Out of the box, libvirt on Ubuntu comes with a default virtual network configured that uses NAT. My project involves interfacing directly with the ISP to do IPv6 Prefix Delegation (PD), so I knew I needed to bridge my devices onto network. I built two networks, one with bridged forwarding to my LAN, and two isolated networks. There are many options that can be specified within the interface definition file (see libvirt Network XML Format). But for a very simple bridge to the real network and isolated networks, extremely simple XML can be used. More complex configurations will probably require explicitly defining the interface that underlies the bridge.

After the networks were up, I was able to craft some virt-install commands to fire up some instances from Ubuntu ISOs I had downloaded. Within an hour, I had a fully functional Ubuntu Desktop install and four Ubuntu Server installs running concurrently, plus the hypervisor. Even while updates were running, my typical load was under 1.5. For a total of six operating systems and one full GUI running concurrently, this was very functional only my cheap multi-core setup.

I have already used this homelab over the last two weeks to test several iterations of builds for the pro-bono high-availability project, and it has been a great tool now that their servers are in semi-production and cannot run testing configs during business hours or without advanced notice to end-users. Snapshots from the CLI are as simple as virsh snapshot-create <instance-name> and rollbacks are as easy as virsh snapshot-rollback --current. With six instances running idle, load average is around 0.30 on a 4-core system. Network latency across the virtual networks is sub-millisecond, and onto the real network it floats around 1 millisecond. Boot and reboot performance vastly exceeds the real environment I’m simulating, because KVM boots have zero delays for BIOS and hardware checks.
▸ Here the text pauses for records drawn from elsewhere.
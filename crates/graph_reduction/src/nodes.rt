//! The nodes of a graph, as numbers and flat sets.
ghost use Rattle.std.specs.Prelude.{◌≡◌, ◌≢◌, ℕ, ◌<◌, ◌^◌, Bool, true, false, ◌&&◌, ◌==◌, if◌then◌else◌, nat_lt, OnOk};
ghost use Rattle.std.specs.Prelude.{IfOk, IfSome, IfNone, Some, None, ◌⊎◌, length};
ghost use Rattle.std.specs.List.{list_any};
ghost use Rattle.std.specs.Ordering.{nat_cmp};
ghost use Rattle.std.specs.BTreeSet as tree;
ghost use Rattle.graph_search.specs.Flows.{Flow, edge, IsBounded};
ghost use Rattle.graph_reduction.specs.Labels.{Labelled};
ghost use Rattle.graph_reduction.specs.Reduction.{State, first_below, fits_one, fits_two, giver_of, close, put_into};
ghost use Rattle.graph_reduction.specs.Reduction.{start, IsReduced};
ghost use Rattle.graph_reduction.specs.Advances.{Advanced};
ghost use Rattle.graph_reduction.specs.ClosingEdges.{AreClosings};
ghost use Rattle.graph_reduction.specs.Sets.{edge_cmp, HasExactly, in_set};
ghost use Rattle.graph_reduction.specs.Nodes.{number_in, state_of, AreHeld, AreNumbers, AreMembers, AreReady};
ghost use Rattle.graph_reduction.specs.Nodes.{Refreshes};
ghost use Rattle.graph_reduction.specs.FirstNodes.{row_added};
ghost use Rattle.graph_reduction.specs.NodeStates.{state_in, AreWhole};

use crate::closers::add_closings;
use crate::edges::{first_node, giver, move_row};
use crate::fitting::{least, set};
use graph_search::FlowGraph;
use std::alloc::{AllocError, Global};
use std::collections::BTreeSet;

/// The number at a place of the list.
pub fn number_at(list: &[u32], place: u32) -> u32
    ensures { result ≡ number_in list.now place }
{
    match list.get(place as usize) {
        Some(number) => *number,
        None => place,
    }
}

/// The least source of an edge from one node to a target.
pub fn first_source(into: &BTreeSet<(u32, u32, u32)>, target: u32, node: u32) -> Option<u32>
    ensures some { IfSome result (λ u. in_set into.now target node u ≡ true) }
    ensures none { IfNone result ((u : ℕ) → u < 2 ^ 32 → in_set into.now target node u ≡ false) }
{
    match into
        .range((target, node, 0)..=(target, node, u32::MAX))
        .next()
    {
        Some(edge) => Some(edge.2),
        None => None,
    }
}

/// Whether a block is a head to which an edge leads from its own node.
pub fn has_self(into: &BTreeSet<(u32, u32, u32)>, label: &[u32], owner: &[u32], x: u32) -> bool
    ensures { (flow : Flow) → IsBounded flow → AreHeld flow (number_in label.now) into.now → AreNumbers flow
        (number_in label.now) (number_in owner.now)
        → result ≡ fits_one flow (state_of flow (number_in label.now) (number_in owner.now) into.now) x }
{
    let own = number_at(label, x);
    if number_at(owner, own) == x {
        match first_source(into, x, own) {
            Some(_) => true,
            None => false,
        }
    } else {
        false
    }
}

/// Whether a block is a head that can be put into another node.
pub fn has_giver(
    into: &BTreeSet<(u32, u32, u32)>,
    label: &[u32],
    owner: &[u32],
    entry: u32,
    x: u32,
) -> bool
    ensures { (flow : Flow) → IsBounded flow → flow.entry ≡ entry → AreHeld flow (number_in label.now) into.now
        → AreNumbers flow (number_in label.now) (number_in owner.now)
        → result ≡ fits_two flow (state_of flow (number_in label.now) (number_in owner.now) into.now) x }
{
    let own = number_at(label, x);
    if number_at(owner, own) == x {
        let first = number_at(label, entry);
        if number_at(owner, first) == x {
            false
        } else {
            match giver(into, x, own) {
                Some(_) => true,
                None => false,
            }
        }
    } else {
        false
    }
}

/// Puts a number at a place of the list.
pub fn put_at(list: &mut Vec<u32>, place: u32, value: u32)
    requires { place < length list.old.items }
    ensures size { length list.new.items ≡ length list.old.items }
    ensures there { (q : ℕ) → number_in list.new.items q ≡ (if q == place then value else number_in list.old.items q) }
{
    list[place as usize] = value;
}

/// Tests a block anew.
pub fn refresh(
    into: &BTreeSet<(u32, u32, u32)>,
    label: &[u32],
    owner: &[u32],
    entry: u32,
    ones: &mut BTreeSet<u32>,
    twos: &mut BTreeSet<u32>,
    x: u32,
) -> Result<(), AllocError>
    ensures one { OnOk result ((flow : Flow) → IsBounded flow → flow.entry ≡ entry → AreHeld flow
        (number_in label.now) into.now → AreNumbers flow (number_in label.now) (number_in owner.now)
        → (q : ℕ) → tree.contains nat_cmp ones.new q ≡ (if q == x then fits_one flow
        (state_of flow (number_in label.now) (number_in owner.now) into.now) q
        else tree.contains nat_cmp ones.old q)) }
    ensures two { OnOk result ((flow : Flow) → IsBounded flow → flow.entry ≡ entry → AreHeld flow
        (number_in label.now) into.now → AreNumbers flow (number_in label.now) (number_in owner.now)
        → (q : ℕ) → tree.contains nat_cmp twos.new q ≡ (if q == x then fits_two flow
        (state_of flow (number_in label.now) (number_in owner.now) into.now) q
        else tree.contains nat_cmp twos.old q)) }
{
    set(ones, x, has_self(into, label, owner, x))?;
    set(twos, x, has_giver(into, label, owner, entry, x))?;
    Ok(())
}

/// Takes out the edges from one node to a target.
pub fn close_row(into: &mut BTreeSet<(u32, u32, u32)>, target: u32, node: u32)
    ensures gone { (u : ℕ) → u < 2 ^ 32 → in_set into.new target node u ≡ false }
    ensures less { (x n u : ℕ) → in_set into.new x n u ≡ true → in_set into.old x n u ≡ true }
    ensures others { (x n u : ℕ) → ((x == target) && (n == node)) ≡ false → in_set into.new x n u
        ≡ in_set into.old x n u }
{
    while let Some(source) = first_source(into, target, node) {
        into.remove(&(target, node, source));
    }
}

/// Gives each block of one node the number of another, and answers which blocks they were.
pub fn move_members<G: FlowGraph>(
    alloc: Global,
    graph: &G,
    label: &mut Vec<u32>,
    into: &mut BTreeSet<(u32, u32, u32)>,
    members: &mut BTreeSet<(u32, u32, u32)>,
    from: u32,
    to: u32,
) -> Result<Vec<u32>, AllocError>
    requires apart { from ≢ to }
    requires bounded { IsBounded (G.flow graph.now) }
    requires size { length label.old.items ≡ (G.flow graph.now).count }
    requires held { AreHeld (G.flow graph.now) (number_in label.old.items) into.old }
    requires members { AreMembers (G.flow graph.now) (number_in label.old.items) members.old }
    requires from_is { from < (G.flow graph.now).count }
    ensures size { OnOk result (length label.new.items ≡ length label.old.items) }
    ensures labels { OnOk result ((w : ℕ) → number_in label.new.items w ≡
        (if number_in label.old.items w == from then to else number_in label.old.items w)) }
    ensures moved { IfOk result (λ moved. (w : ℕ) → number_in label.old.items w ≡ from → w < (G.flow graph.now).count
        → list_any (λ u. u == w) moved.items ≡ true) }
    ensures inside { IfOk result (λ moved. (w : ℕ) → list_any (λ u. u == w) moved.items ≡ true → w <
        (G.flow graph.now).count) }
    ensures held { OnOk result (AreHeld (G.flow graph.now) (number_in label.new.items) into.new) }
    ensures open { OnOk result ((t u : ℕ) → in_set into.new t (number_in label.new.items u) u ≡ in_set into.old t
        (number_in label.old.items u) u) }
    ensures members { OnOk result (AreMembers (G.flow graph.now) (number_in label.new.items) members.new) }
{
    let mut moved = Vec::new(alloc);
    while let Some(block) = first_node(members, from) {
        members.remove(&(from, block, 0));
        members.insert((to, block, 0))?;
        moved.push(block)?;
        put_at(label, block, to);
        move_row(into, graph.row(block), block, from, to)?;
    }
    Ok(moved)
}
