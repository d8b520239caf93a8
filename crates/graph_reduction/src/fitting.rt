//! Ordered sets of numbers that pass a test.
ghost use Rattle.std.specs.Prelude.{◌≡◌, ℕ, ◌<◌, Bool, true, false, ◌==◌, if◌then◌else◌, OnOk, OnErr, IfSome, IfNone};
ghost use Rattle.std.specs.Ordering.{nat_cmp};
ghost use Rattle.std.specs.BTreeSet as tree;
ghost use Rattle.graph_reduction.specs.Reduction.{first_below};
ghost use Rattle.graph_reduction.specs.Sets.{HasExactly, HasAllBut};

use std::alloc::{AllocFailed, Global};
use std::collections::BTreeSet;

/// The least of a set.
pub fn least(fitting: &BTreeSet<u32>) -> Option<u32>
    ensures { (test : ℕ → Bool) (n : ℕ) → HasExactly fitting.now test n → result ≡ first_below test n }
{
    match fitting.first() {
        Some(number) => Some(*number),
        None => None,
    }
}

/// Puts a number in or takes it out, as its test now says.
pub fn set(fitting: &mut BTreeSet<u32>, number: u32, passes: bool) -> Result<(), AllocFailed<u32>>
    ensures ok { OnOk result ((q : ℕ) → tree.contains nat_cmp fitting.new q ≡
        (if q == number then passes else tree.contains nat_cmp fitting.old q)) }
    ensures err { OnErr result (fitting.new.keys ≡ fitting.old.keys) }
{
    if passes {
        fitting.insert(number)?;
    } else {
        fitting.remove(&number);
    }
    Ok(())
}
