//! The closing edges of a reduced graph.
ghost use Rattle.std.specs.Prelude.{◌≡◌, ℕ, ◌<◌, Bool, true, ◌==◌, ◌&&◌, not, OnOk, IfOk};
ghost use Rattle.graph_reduction.specs.Nodes.{number_in};
ghost use Rattle.graph_reduction.specs.Sets.{in_set};
ghost use Rattle.graph_reduction.specs.ClosingEdges.{closing_added, closings_added};

use crate::nodes::number_at;
use std::alloc::AllocError;
use std::collections::BTreeSet;

/// Adds an edge, as its header, its source and 0, where it closes.
fn add_closing(
    closing: &mut BTreeSet<(u32, u32, u32)>,
    into: &BTreeSet<(u32, u32, u32)>,
    target: u32,
    node: u32,
    block: u32,
) -> Result<(), AllocError>
    ensures { OnOk result ((h u z : ℕ) → in_set closing.new h u z ≡ closing_added target block
        (in_set into.now target node block) (in_set closing.old) h u z) }
{
    if into.contains(&(target, node, block)) {
        Ok(())
    } else {
        closing.insert((target, block, 0))?;
        Ok(())
    }
}

/// Adds the closing edges of a block, each as its header, its source and 0.
pub fn add_closings(
    closing: &mut BTreeSet<(u32, u32, u32)>,
    into: &BTreeSet<(u32, u32, u32)>,
    row: &[u32],
    node: u32,
    block: u32,
) -> Result<(), AllocError>
    ensures { OnOk result ((h u z : ℕ) → in_set closing.new h u z ≡ closings_added row.now
        (λ t. in_set into.now t node block) block (in_set closing.old) h u z) }
{
    for target in row {
        add_closing(closing, into, *target, node, block)?;
    }
    Ok(())
}
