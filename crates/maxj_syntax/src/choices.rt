// Made by tools/source_grammar.py from tools/source_grammar.txt.
// The choices of each rule, as the parser reads them.

ghost use Rattle.std.specs.Prelude.{◌≡◌, map};
ghost use Rattle.maxj_syntax.specs.Symbols.{fixed_view};
ghost use Rattle.maxj_syntax.specs.Table.{choices};

use crate::alphabet::AND;
use crate::alphabet::ANDED;
use crate::alphabet::ANDS;
use crate::alphabet::ANY_NAME;
use crate::alphabet::ARGS;
use crate::alphabet::ASSIGN;
use crate::alphabet::BARE;
use crate::alphabet::BEGIN_FOR;
use crate::alphabet::BEGIN_IF;
use crate::alphabet::BEGIN_NEW;
use crate::alphabet::BIT_AND;
use crate::alphabet::BIT_ANDED;
use crate::alphabet::BIT_ANDS;
use crate::alphabet::BIT_OR;
use crate::alphabet::BIT_ORED;
use crate::alphabet::BIT_ORS;
use crate::alphabet::BIT_XOR;
use crate::alphabet::BIT_XORED;
use crate::alphabet::BIT_XORS;
use crate::alphabet::BLOCK;
use crate::alphabet::BODY;
use crate::alphabet::BRACE;
use crate::alphabet::BRACE_END;
use crate::alphabet::CALLED;
use crate::alphabet::CLOSE;
use crate::alphabet::COMMA;
use crate::alphabet::COND_TAIL;
use crate::alphabet::CONNECT;
use crate::alphabet::CONNECTION;
use crate::alphabet::DECLARED;
use crate::alphabet::DFEVAR;
use crate::alphabet::DIMS;
use crate::alphabet::DOT;
use crate::alphabet::DOT_NAME;
use crate::alphabet::DOTTED;
use crate::alphabet::DOTTED_REST;
use crate::alphabet::ELSE_TAIL;
use crate::alphabet::END;
use crate::alphabet::EQUALITIES;
use crate::alphabet::EQUALITY;
use crate::alphabet::EQUATED;
use crate::alphabet::EXPR;
use crate::alphabet::FIRST;
use crate::alphabet::FOR;
use crate::alphabet::FRESH_TAIL;
use crate::alphabet::FURTHER;
use crate::alphabet::GREATER;
use crate::alphabet::GROUP;
use crate::alphabet::HOLE;
use crate::alphabet::IF;
use crate::alphabet::INIT;
use crate::alphabet::INNER;
use crate::alphabet::INTO;
use crate::alphabet::IS_GREATER;
use crate::alphabet::IS_LESS;
use crate::alphabet::LESS;
use crate::alphabet::LOCAL_NAME;
use crate::alphabet::LOOP_LOCAL;
use crate::alphabet::MAYBE_FINAL;
use crate::alphabet::MEMORIES;
use crate::alphabet::MEMORY;
use crate::alphabet::MORE_ARGS;
use crate::alphabet::MORE_PARAMS;
use crate::alphabet::MULTIPLIED;
use crate::alphabet::NAME;
use crate::alphabet::NAME_TEXT;
use crate::alphabet::NAMELESS;
use crate::alphabet::NEW;
use crate::alphabet::NEW_REST;
use crate::alphabet::NO_GREATER;
use crate::alphabet::NO_LESS;
use crate::alphabet::NOT_DFEVAR;
use crate::alphabet::ONWARD;
use crate::alphabet::OPEN;
use crate::alphabet::OR;
use crate::alphabet::ORDER;
use crate::alphabet::ORDERED;
use crate::alphabet::ORDERS;
use crate::alphabet::ORED;
use crate::alphabet::ORS;
use crate::alphabet::OTHER;
use crate::alphabet::PARAMETER;
use crate::alphabet::POST;
use crate::alphabet::PREFIX;
use crate::alphabet::PREFIXED;
use crate::alphabet::PRODUCT;
use crate::alphabet::PRODUCTS;
use crate::alphabet::REST_CALL;
use crate::alphabet::REST_FREE;
use crate::alphabet::REST_FRESH;
use crate::alphabet::REST_PLACE;
use crate::alphabet::SEMICOLON;
use crate::alphabet::SHIFT;
use crate::alphabet::SHIFTED;
use crate::alphabet::SHIFTS;
use crate::alphabet::SIMPLE;
use crate::alphabet::SIZES;
use crate::alphabet::SQUARE;
use crate::alphabet::SQUARE_END;
use crate::alphabet::STEP;
use crate::alphabet::STMTS;
use crate::alphabet::SUM;
use crate::alphabet::SUMMED;
use crate::alphabet::SUMS;
use crate::alphabet::TEST;
use crate::alphabet::TIGHTER;
use crate::alphabet::TURN_ARRAY;
use crate::alphabet::TURN_CALL;
use crate::alphabet::TURN_DOT;
use crate::alphabet::TURN_PLAIN;
use crate::alphabet::TYPE_NAME;
use crate::alphabet::TYPE_WORD;
use crate::alphabet::WRAP_ARRAY;
use crate::alphabet::WRAP_INDEX;
use crate::kind::Word;
use crate::level::Level;
use crate::symbol::Action;
use crate::symbol::ClassKind;
use crate::symbol::Effect;
use crate::symbol::Fixed;
use crate::symbol::Form;
use crate::symbol::Rule;
use crate::symbol::Site;
use crate::symbol::TokenClass;
use crate::tree::NodeKind;
use maxj_tokens::Sign;
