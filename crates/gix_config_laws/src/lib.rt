//! What holds of editors, of loaded files, and of files after any calls: each law is a function that does nothing. Nothing links this crate;
//! the gate proves it.
#![tactic(auto)]

pub mod beginnings;
pub mod programs;
pub mod steps;

ghost use Rattle.std.specs.List.{AllByRecursion};
ghost use Rattle.bstr.specs.Owned.{bstring_bytes};
ghost use Rattle.std.specs.Prelude.{◌≡◌, ◌≤◌, ℕ, Bool, false, true, List, [], filter, map, option_map, None, Result, Ok, Option, Some, IfOk, OnErr, OnOk, string_bytes};
ghost use Rattle.gitconf_sources.specs.Metadata.{Meta};
ghost use Rattle.gitconf_sources.specs.Reports.{FileReport, VariableReport};
ghost use Rattle.gitconf_sources.specs.declared.fault.FileFault.{FileFault};
ghost use Rattle.gitconf_sources.specs.declared.host.Places.{Places};
ghost use Rattle.gitconf_state.specs.Clean.{IsClean};
ghost use Rattle.gitconf_state.specs.Equality.{AreEqual};
ghost use Rattle.gitconf_state.specs.Made.{IsMade};
ghost use Rattle.gitconf_state.specs.Printing.{printed};
ghost use Rattle.gitconf_text.specs.Document.{IsText, Reads, unmarked};
ghost use Rattle.gitconf_text.specs.Part.{Part};
ghost use Rattle.gitconf_text.specs.Token.{spelled_token, tokens_of};
ghost use Rattle.gitconf_state.specs.Edit.{new_section, Spacing};
ghost use Rattle.gitconf_items.specs.EventList.{keeps_token};
ghost use Rattle.gitconf_items.specs.TokenDocument.{keeps_meaning};
ghost use Rattle.gitconf_sources.specs.declared.source.Trust.{Trust};
ghost use Rattle.gitconf_state.specs.Edits.{Count, DeleteAt, Detached, Done, Edit, Entry, NewSection, Number, Pop, PushSection, Raw, Remove, RemoveMarked, RemoveNumbered, SetMeta, SetTrust, answer, apply, has_blank_leading, new_bytes, numbered, IsEditor};
ghost use Rattle.gitconf_state.specs.Editors.{Editor, editor_of};
ghost use Rattle.gitconf_state.specs.State.{document_of, entries_of, HasItems, SectionState, State, with_sections};
ghost use Rattle.gitconf_includes.specs.Expansion.{Asks};
ghost use Rattle.gitconf_includes.specs.Laws.{AreHeaded, SayTheSame, asks_with};
ghost use Rattle.gitconf_includes.specs.Rules.{Rules};
ghost use Rattle.gitconf_loaders.specs.Globals.{home_rules};
ghost use Rattle.gitconf_loaders.specs.Paths.{HasOneOutcome};
ghost use Rattle.gitconf_lookups.specs.Lookups.{implicit_at, value_at, values_at};
ghost use Rattle.gitconf_lookups.specs.Picks.{picked};
ghost use Rattle.gitconf_lookups.specs.SomeSections.{AreSome};
ghost use Rattle.gitconf_sources.specs.Key.{Key};
ghost use Rattle.gitconf_lookups.specs.ValuePlaces.{editor_of_numbered};
ghost use Rattle.gix_config_laws.specs.Headline.{AreCleanCalls, IsOneEnding, Call, Ending, Ends, Runs, no_memory};
ghost use Rattle.gitconf_text.specs.declared.memory.NoMemory.{NoMemory};
ghost use Rattle.std.specs.declared.alloc.Global.{Global};
ghost use Rattle.std.specs.declared.string.String.{String};
ghost use Rattle.bstr.specs.declared.bstring.BString.{BString};
ghost use Rattle.gitconf_body.specs.Refusals.{header_refusal, span_refusal, value_refusal};
ghost use Rattle.gitconf_body.specs.declared.value.Error.{Error as ValueError};
ghost use Rattle.gitconf_store.specs.Removals.{IsTakenOut};
ghost use Rattle.gitconf_store.specs.RenameErrors.{rename_refusal};
ghost use Rattle.gitconf_store.specs.SetErrors.{set_refusal};
ghost use Rattle.gitconf_store.specs.declared.rename_section.Error.{Error as RenameError};
ghost use Rattle.gitconf_store.specs.declared.set_raw_value.Error.{Error as SetError};
ghost use Rattle.gitconf_text.specs.declared.parse.section.header.Error.{Error as HeaderError};
ghost use Rattle.gitconf_state.specs.Inserted.{Inserted, IsByteForByte};
ghost use Rattle.gix_config.specs.Environment.{HaveSectionNames, IncludeHeaded, IsFromEnv, IsOverrides};
ghost use Rattle.gitconf_body.specs.Done.{IsRefusedFor, first_cause};
ghost use Rattle.gitconf_store.specs.Edited.{causes, done, put_bytes, IsEdited};
ghost use Rattle.gix_config.specs.Repository.{IsHeadedRepository, IsRepository};
ghost use Rattle.gix_config.specs.SectionEditors.{IsFoundOrMadeOf, edited, editor_at, number_of, told, with_leading};
ghost use Rattle.gix_config.specs.declared.file.section_mut.SectionMut.{SectionMut};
For comparison, reboot to login prompt is about 20 seconds in the homelab, but 112 seconds on the production servers. If I break something on the network configs (which is very easy to do when configuring high-availability), console access is just a virsh console <instance-name> away. All things considered, I am extremely pleased with this low budget solution, and I it performs far better than I expected for the investment I was able to make.